I think the reason was probably that the vast majority of Firefox users, if asked, would prefer that they did this. Not too many would say, "I am willing to participate in your study, but please don't fix my browser's add-ons if they all break". Sure, approval might not be 100%, but it would be something well north of 90%, and they probably took the right action.

Given, of course, that the truly right action of not letting the certificate expire in the first place, was no longer possible.


> the reason was probably that the vast majority of Firefox users, if asked, would prefer that they did this

I’m sure they thought the same about the Mr Robot addon, but their judgement was wrong so this policy was put in place.


Not sure if you want a browser that emphasis privacy and security, that you will also want to have remote code injections as a way to ship an update that affects the way add-ons security work.


The SHIELD policies they promulgated after that incident has to do with studies. This was not a study. This was an emergency band-aid to help as many users as possible get their browsers back to the way they (the users) chose to make them work by re-enabling their add-ons, using the fastest avenue available.

This was a user-friendly move, and while it's unfortunate that it was necessary in the first place, your criticism reads like a "gotcha."


> This was not a study.

I don’t get it. Distributing something that was not a study as a study was what upset people last time. So they promised not to do it again. And they have just done it again.


> Distributing something that was not a study as a study was what upset people last time.

People got upset because an add-on for a commercial TV series auto-magically installed itself in their browser without their manual intervention.

You can't just abstract that out into an ethics framework of, "If Firefox sends non-X over a channel reserved for X, then users get upset." I mean, you can, but you're going to be rightly confused and misunderstood.
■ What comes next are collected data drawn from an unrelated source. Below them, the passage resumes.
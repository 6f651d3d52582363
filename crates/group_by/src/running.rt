// Sums within groups, row by row.
ghost use Rattle.std.specs.Prelude.{◌≡◌, ℕ, pos, true, List, length, map, slice_index_or, Some, All, IfOk};
ghost use Rattle.cell_core.specs.declared.cell.Cell.TheVariants.{Na as Missing, Int};
ghost use Rattle.cell_core.specs.declared.cell.Kind.TheVariants.{Int64};
ghost use Rattle.column_core.specs.cells.Cell.{datum, holds};
ghost use Rattle.column_core.specs.cells.Column.{tabulate};
ghost use Rattle.column_core.specs.cells.Cumulate.{unless_missing};
ghost use Rattle.column_core.specs.Moves.{IsPlaceOf};
ghost use Rattle.factorize.specs.group.Reductions.{of_group, running_cell, sum};
ghost use Rattle.group_by.specs.Gathered.{TakesIn};
ghost use Rattle.group_by.specs.Counted.{AreNumbers};

use crate::cells::is_na;
use crate::choices::Number;
use crate::gather::{Amount, added};
use cell_core::{Cell, Kind, NoMemory};
use column_core::{ColRef, Column};
use factorize::Groups;
use std::alloc::Global;

// Adds a cell to the sum of its group.
fn add_cell(sums: &mut [Cell], group: Option<usize>, cell: Cell)
    requires { IsPlaceOf (length sums.old) group }
    ensures takes { (texts : List (List ℕ)) → TakesIn sum texts group cell sums.old sums.new }
    ensures held { All (λ s. (texts : List (List ℕ)) → holds Int64 (datum texts s) ≡ true) sums.old
        → All (λ s. (texts : List (List ℕ)) → holds Int64 (datum texts s) ≡ true) sums.new }
{
    if let Some(group) = group {
        sums[group] = added(sums[group], Number.amount(cell));
    }
}

// The sum of a group; NA where the cell is missing or there is no group.
fn sum_of(sums: &[Cell], group: Option<usize>, cell: Cell) -> Cell
    requires below { IsPlaceOf (length sums.now) group }
    requires held { All (λ s. (texts : List (List ℕ))
        → holds Int64 (datum texts s) ≡ true) sums.now }
    ensures value { (texts : List (List ℕ)) → datum texts result ≡ of_group group
        (λ g. unless_missing (datum texts cell) (datum texts (slice_index_or sums.now g Missing))) }
    ensures held { (texts : List (List ℕ)) → holds Int64 (datum texts result) ≡ true }
{
    match group {
        Some(group) if !is_na(cell) => sums[group],
        _ => Cell::Na,
    }
}

// The sum of each row's group up to the row, where nothing is added yet.
#[tactic(auto, using(crate::proofs::NumberLaws::no_numbers))]
fn sum_rows(
    alloc: Global,
    sums: &mut [Cell],
    groups: &Groups,
    a: &ColRef<'_>,
) -> Result<Column, NoMemory>
    requires rows { length groups.now.codes ≡ length a.now.cells }
    requires size { length sums.old ≡ groups.now.count }
    requires zero { All (λ s. s ≡ Int (pos 0)) sums.old }
    ensures { IfOk result (λ c. AreNumbers c (λ texts. tabulate (length groups.now.codes)
        (running_cell groups.now.codes (map (datum texts) a.now.cells)))) }
{
    let mut column = Column::new(alloc, Kind::Int64);
    for row in 0..groups.rows() {
        let group = groups.code(row);
        let cell = a.cell(row);
        add_cell(sums, group, cell);
        column.push(sum_of(sums, group, cell))?;
    }
    Ok(column)
}

// The sum of each row's group up to the row; NA where the row's cell is missing or the row has no group.
#[tactic(auto, using(crate::proofs::Hints::places))]
pub(crate) fn running_sums(
    alloc: Global,
    groups: &Groups,
    a: &ColRef<'_>,
) -> Result<Column, NoMemory>
    requires { length groups.now.codes ≡ length a.now.cells }
    ensures { IfOk result (λ c. AreNumbers c (λ texts. tabulate (length groups.now.codes)
        (running_cell groups.now.codes (map (datum texts) a.now.cells)))) }
{
    let mut sums = vec![in alloc; Cell::Int(0); groups.count()]?;
    sum_rows(alloc, &mut sums, groups, a)
}
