// The reductions that are gathered cell by cell.
ghost use Rattle.std.specs.Prelude.{◌≡◌, pos, refl};
ghost use Rattle.column_core.specs.cells.Cell.{datum};
ghost use Rattle.column_core.specs.cells.Operator.{cell_cmp};
ghost use Rattle.column_core.specs.cells.Reduce.{number_in, lesser, greater};
ghost use Rattle.factorize.specs.group.Reductions.{earlier, later};
ghost use Rattle.factorize.specs.group.Reductions as meant;

use crate::cells::is_na;
use crate::gather::{Amount, Choice};
use cell_core::{Cell, Label, TextDict};
use std::cmp::Ordering;

/// The number in a cell: 1 in True, 0 in False.
#[derive(Drop)]
pub(crate) struct Number;

impl Amount for Number {
    ghost op = { meant.sum };

    ghost amount_of = { number_in };

    #[inline(always)]
    fn amount(&self, cell: Cell) -> Option<i64> {
        match cell {
            Cell::Na => None,
            Cell::Int(x) => Some(x),
            Cell::Bool(true) => Some(1),
            Cell::Bool(false) | Cell::Text(_) => Some(0),
        }
    }

    ghost totals = { λ cells. refl };

    ghost numbers = { λ kind. refl };
}

/// One for each cell.
#[derive(Drop)]
pub(crate) struct One;

impl Amount for One {
    ghost op = { meant.count };

    ghost amount_of = { λ cell. pos 1 };

    #[inline(always)]
    fn amount(&self, cell: Cell) -> Option<i64> {
        if is_na(cell) { None } else { Some(1) }
    }

    ghost totals = { λ cells. refl };

    ghost numbers = { λ kind. refl };
}

// How one cell stands to another in the order of cells.
#[inline(always)]
fn compare(dict: &TextDict, a: Cell, b: Cell) -> Ordering
    ensures { result ≡ cell_cmp (datum dict.now a) (datum dict.now b) }
{
    dict.compare(Label::from(a), Label::from(b))
}

/// The first of the least cells.
#[derive(Drop)]
pub(crate) struct Least;

impl Choice for Least {
    ghost op = { meant.min };

    ghost choose = { lesser };

    #[inline(always)]
    fn takes_place(&self, dict: &TextDict, so_far: Cell, cell: Cell) -> bool {
        is_na(so_far) || compare(dict, cell, so_far) == Ordering::Less
    }

    ghost chooses = { λ cells. refl };

    ghost keeps = { λ kind. refl };
}

/// The first of the greatest cells.
#[derive(Drop)]
pub(crate) struct Greatest;

impl Choice for Greatest {
    ghost op = { meant.max };

    ghost choose = { greater };

    #[inline(always)]
    fn takes_place(&self, dict: &TextDict, so_far: Cell, cell: Cell) -> bool {
        is_na(so_far) || compare(dict, so_far, cell) == Ordering::Less
    }

    ghost chooses = { λ cells. refl };

    ghost keeps = { λ kind. refl };
}

/// The first cell.
#[derive(Drop)]
pub(crate) struct First;

impl Choice for First {
    ghost op = { meant.first };

    ghost choose = { earlier };

    #[inline(always)]
    fn takes_place(&self, _dict: &TextDict, so_far: Cell, _cell: Cell) -> bool {
        is_na(so_far)
    }

    ghost chooses = { λ cells. refl };

    ghost keeps = { λ kind. refl };
}

/// The last cell.
#[derive(Drop)]
pub(crate) struct Last;

impl Choice for Last {
    ghost op = { meant.last };

    ghost choose = { later };

    #[inline(always)]
    fn takes_place(&self, _dict: &TextDict, _so_far: Cell, _cell: Cell) -> bool {
        true
    }

    ghost chooses = { λ cells. refl };

    ghost keeps = { λ kind. refl };
}
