// What a reduction gathers from the cells of a group, one cell after the other.
ghost use Rattle.std.specs.Prelude.{◌≡◌, ℕ, ℤ, ◌+ℤ◌, List, [], ◌∷◌, ◌++◌, if◌then◌else◌};
ghost use Rattle.std.specs.Int.{int_wrap, w64};
ghost use Rattle.cell_core.specs.declared.cell.Kind.{Kind as CellKind};
ghost use Rattle.cell_core.specs.declared.cell.Kind.TheVariants.{Int64};
ghost use Rattle.column_core.specs.cells.Cell.{CellValue, int_cell, datum};
ghost use Rattle.factorize.specs.group.Reductions.{GroupReduction, group_cell, group_kind};
ghost use Rattle.group_by.specs.Cells.{IsCellOf};
ghost use Rattle.group_by.specs.Gathered.{if_present, plus, total_cell, chosen_cell};

use crate::cells::is_na;
use cell_core::{Cell, TextDict};
use column_core::cell_of_number;

/// A reduction that is gathered cell by cell.
pub(crate) trait Gather {
    ghost op: { GroupReduction };

    /// What is gathered of no cell.
    fn start(&self) -> Cell
        ensures value { (texts : List (List ℕ)) → datum texts result ≡ group_cell op [] }
        ensures held { (texts : List (List ℕ)) (kind : CellKind)
            → IsCellOf texts (group_kind op kind) result };

    /// What is gathered with one cell more.
    fn step(&self, dict: &TextDict, so_far: Cell, cell: Cell) -> Cell
        ensures value { (cells : List CellValue) → datum dict.now so_far ≡ group_cell op cells
            → datum dict.now result ≡ group_cell op (cells ++ datum dict.now cell ∷ []) }
        ensures held { (kind : CellKind) → IsCellOf dict.now (group_kind op kind) so_far
            → IsCellOf dict.now kind cell → IsCellOf dict.now (group_kind op kind) result };
}

/// An amount in each present cell, of which a reduction is the total.
pub(crate) trait Amount {
    ghost op: { GroupReduction };

    ghost amount_of: { CellValue → ℤ };

    /// The amount in a cell, where it is present.
    fn amount(&self, cell: Cell) -> Option<i64>
        ensures { (texts : List (List ℕ)) → result
            ≡ if_present (datum texts cell) (amount_of (datum texts cell)) };

    ghost totals: { (cells : List CellValue)
        → group_cell Self.op cells ≡ total_cell Self.amount_of cells };

    ghost numbers: { (kind : CellKind) → group_kind Self.op kind ≡ Int64 };
}

// The sum of two numbers, which wraps.
#[inline(always)]
#[tactic(auto, using(std::proofs::lemmas::Int::wraps))]
fn wrapped_sum(x: i64, y: i64) -> i64
    ensures { result ≡ int_wrap w64 (x +ℤ y) }
{
    x.wrapping_add(y)
}

// A total with an amount more, if there is one.
#[inline(always)]
pub(crate) fn added(total: Cell, amount: Option<i64>) -> Cell
    ensures value { (texts : List (List ℕ)) (z : ℤ) → datum texts total ≡ int_cell z
        → datum texts result ≡ int_cell (plus z amount) }
    ensures held { (texts : List (List ℕ))
        → IsCellOf texts Int64 total → IsCellOf texts Int64 result }
{
    match (total, amount) {
        (Cell::Int(x), Some(y)) => cell_of_number(Some(wrapped_sum(x, y))),
        _ => total,
    }
}

/// The total of amounts.
#[derive(Drop)]
pub(crate) struct Total<N> {
    pub(crate) of: N,
}

impl<N: Amount> Gather for Total<N> {
    ghost op = { N.op };

    #[inline(always)]
    fn start(&self) -> Cell {
        cell_of_number(Some(0))
    }

    #[inline(always)]
    fn step(&self, _dict: &TextDict, so_far: Cell, cell: Cell) -> Cell {
        added(so_far, self.of.amount(cell))
    }
}

/// A choice between two cells, by which a reduction comes to one of its cells.
pub(crate) trait Choice {
    ghost op: { GroupReduction };

    ghost choose: { CellValue → CellValue → CellValue };

    /// Whether the next cell takes the place of the one so far, which may be missing.
    fn takes_place(&self, dict: &TextDict, so_far: Cell, cell: Cell) -> bool
        ensures { (if result then datum dict.now cell else datum dict.now so_far)
            ≡ choose (datum dict.now so_far) (datum dict.now cell) };

    ghost chooses: { (cells : List CellValue)
        → group_cell Self.op cells ≡ chosen_cell Self.choose cells };

    ghost keeps: { (kind : CellKind) → group_kind Self.op kind ≡ kind };
}

/// The cell that is chosen.
#[derive(Drop)]
pub(crate) struct Chosen<C> {
    pub(crate) by: C,
}

impl<C: Choice> Gather for Chosen<C> {
    ghost op = { C.op };

    #[inline(always)]
    fn start(&self) -> Cell {
        Cell::Na
    }

    #[inline(always)]
    fn step(&self, dict: &TextDict, so_far: Cell, cell: Cell) -> Cell {
        if is_na(cell) {
            return so_far;
        }
        if self.by.takes_place(dict, so_far, cell) {
            cell
        } else {
            so_far
        }
    }
}
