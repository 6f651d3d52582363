// The axis of rows of both sides.
ghost use Rattle.std.specs.Prelude.{◌≡◌, ◌<◌, ◌≤◌, All, IfOk, length, map};
ghost use Rattle.multi_index.specs.Axes.{HaveLevels, nameless_axis, tuples_at};
ghost use Rattle.label_align.specs.Both.{tuples_of};
ghost use Rattle.label_align.specs.Runs.{label_of_row};

use crate::both::{BothSides, label_of_both};
use cell_core::{Label, NoMemory, TextDict};
use multi_index::Axis;
use row_keys::tuples_at;
use std::alloc::Global;

// The first label of each of these rows.
fn first_labels(alloc: Global, both: &BothSides<'_>, rows: &[usize]) -> Result<Vec<Label>, NoMemory>
    ensures { IfOk result (λ labels. labels.items
        ≡ map (λ row. label_of_row (tuples_of both.now) row 0) rows.now) }
{
    let mut labels = Vec::with_capacity(alloc, rows.len())?;
    for row in rows {
        labels.push(label_of_both(both.left, both.right, *row, 0))?;
    }
    Ok(labels)
}

// The axis of these rows, without names. On one level its labels are all that it holds, and no tuple is made.
pub(crate) fn axis_of_rows(
    alloc: Global,
    dict: &TextDict,
    both: &BothSides<'_>,
    rows: &[usize],
) -> Result<Axis, NoMemory>
    requires some { 1 ≤ both.now.levels }
    requires few { both.now.levels ≤ 4 }
    requires alike { HaveLevels both.now.levels (tuples_of both.now) }
    requires rows { All (λ row. row < length (tuples_of both.now)) rows.now }
    ensures { IfOk result (λ axis. axis
        ≡ nameless_axis (tuples_at (tuples_of both.now) rows.now) both.now.levels) }
{
    if both.levels == 1 {
        let labels = first_labels(alloc, both, rows)?;
        return Axis::from_labels(alloc, dict, labels);
    }
    let tuples = tuples_at(alloc, both.left, both.right, rows)?;
    Axis::from_tuples(alloc, dict, &tuples, both.levels)
}
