// The rows of labels.
ghost use Rattle.std.specs.Prelude.{◌≡◌, ◌<◌, ◌==◌, ◌&&◌, [], length, nat_lt, if◌then◌else◌, IfOk, All};
ghost use Rattle.index_core.specs.pick.Keys.{has_one};
ghost use Rattle.index_core.specs.pick.Keys as key;
ghost use Rattle.multi_index.specs.Axes.{AreLeading};
ghost use Rattle.indexers.specs.Keys.{label_key, FitsLevels};
ghost use Rattle.indexers.specs.Picks.{PicksBy, pick_of, loc_pick, IsSpanned};

use crate::faults::{leading_places, leading_span};
use crate::keys::{KeyFault, LocKey, Picked};
use crate::lists::rows_of_list;
use crate::spans::spanned;
use cell_core::{Places, Rows, TextDict, Tuple};
use multi_index::Axis;
use std::alloc::Global;

/// The rows that a key of `loc` picks ("Selection by label", "Slicing with labels" and "Advanced indexing with
/// hierarchical index" in the pandas user guide): the rows of leading labels in order, those of each whole tuple of a
/// list, one after the other, or those of a slice with both ends. A whole tuple that meets one row picks it singly,
/// and the levels that a shorter one names are dropped. Labels meet by the numbers of their texts. A list of k tuples
/// on n rows takes n + k steps, any other key n.
///
/// # Errors
///
/// `NotThere` exactly where labels of the key stand nowhere, or a bound doesn't on one level that isn't in order, or a
/// bound is given on several levels that aren't; `BoundNotUnique` exactly where one level isn't in order and a bound
/// stands more than once. Of several it is the first of the key. `NoMemory` may come in place of any answer.
pub fn loc_places(
    alloc: Global,
    dict: &TextDict,
    axis: &Axis,
    key: &LocKey,
) -> Result<Picked, KeyFault>
    requires fits { FitsLevels (length axis.now.names) key.now }
    ensures picked { PicksBy pick_of result (loc_pick dict.now axis.now (label_key key.now)) }
    ensures span { IfOk result (IsSpanned (length axis.now.tuples)) }
    ensures inside { IfOk result (λ picked. All (λ row. row < length axis.now.tuples) picked.places) }
{
    match key {
        LocKey::All => all_rows(alloc, axis),
        LocKey::One(labels) => rows_of_key(alloc, axis, labels),
        LocKey::Many(tuples) => {
            let places = rows_of_list(alloc, axis, tuples)?;
            Ok(Picked::listed(places))
        }
        LocKey::Span(from, to) => {
            let rows = leading_span(dict, axis, from.as_ref(), to.as_ref())?;
            Ok(spanned(alloc, rows, axis.len())?)
        }
    }
}

// All rows.
fn all_rows(alloc: Global, axis: &Axis) -> Result<Picked, KeyFault>
    ensures picked { PicksBy pick_of result (loc_pick [] axis.now key.all_rows) }
    ensures span { IfOk result (IsSpanned (length axis.now.tuples)) }
{
    let rows = Rows {
        start: 0,
        step: 1,
        count: axis.len(),
    };
    Ok(spanned(alloc, rows, axis.len())?)
}

// The rows of leading labels.
fn rows_of_key(alloc: Global, axis: &Axis, labels: &Tuple) -> Result<Picked, KeyFault>
    requires { AreLeading (length axis.now.names) labels.now }
    ensures picked { PicksBy pick_of result (loc_pick [] axis.now (key.one_key labels.now)) }
    ensures span { IfOk result (IsSpanned (length axis.now.tuples)) }
{
    let places = leading_places(alloc, axis, labels)?;
    let named = labels.len();
    let levels = axis.levels();
    let single = is_single(named, levels, &places);
    let dropped = levels_dropped(named, levels);
    Ok(Picked {
        places,
        single,
        dropped,
        span: None,
    })
}

// Whether a key with a label for each level meets one row.
fn is_single(named: usize, levels: usize, places: &Places) -> bool
    ensures { result ≡ ((named == levels) && has_one places.now) }
{
    named == levels && places.len() == 1
}

// How many levels an answer loses: those that a shorter key names.
fn levels_dropped(named: usize, levels: usize) -> usize
    ensures { result ≡ if nat_lt named levels then named else 0 }
{
    if named < levels { named } else { 0 }
}
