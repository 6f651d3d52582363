//! Rows of two axes that meet by their labels.
//!
//! [`outer`] joins two axes: all tuples of both sides in order, with each pair of their rows, and [`outer_within`] where
//! these are so many at most. [`reindex`]
//! finds the row of each target tuple. Where both axes have the same tuples
//! ([`multi_index::Axis::same_labels`], a test without memory) rows meet by position, and a caller joins
//! nothing. What is answered is defined in `meaning_align`.
//!
//! ```text
//! let joined = outer(alloc, &dict, &a, &b)?;
//! let rows = reindex(alloc, &a, &target)?;
//! ```
#![tactic(auto)]

mod axes;
mod both;
mod fault;
mod joined;
mod joins;
mod runs;
mod targets;

pub use fault::AlignFault;
pub use joined::Joined;
pub use joins::{outer, outer_within};
pub use targets::reindex;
The outrage over looking glass was because it was an unwanted advertisement/promotion being pushed as a 'study'

In this case, they were pushing a hotfix for a critical issue effecting all firefox users. It was only pushed through the studies system because it was the best option to get the fix to as many users as possible while they worked on a firefox update.

Implying that this is in any way equivalent to looking glass is completely disingenuous.


Perhaps people were upset last time because it was for commercial purposes, rather than as an emergency fix to help people to get their browser working.


Do they have a better channel for deploying hot-fixes? Maybe I'm a bit of a squish but I'm pretty agnostic of how they deploy fixes to me so long as my addons start working again.


They don't currently, but adding a better channel to deploy hotfixes is something that's specifically mentioned in this article...


It is indeed a huge violation of trust.

I’ve seen some folks trying to explain it away and compare the Normandy preference system to standard auto-updates, acting like this is no problem if you already trust them for auto-updates.

Flat wrong. This is a dark pattern by Mozilla pure & simple. It’s confusing, hard to disable fully, and clearly can be abused for non-experiment modifications to the user’s settings.


Mozilla has gone full "helicopter parent" mode, and will do whatever they can to keep you safe from yourself despite your wishes. Use GNU icecat instead. It has all that junk turned off.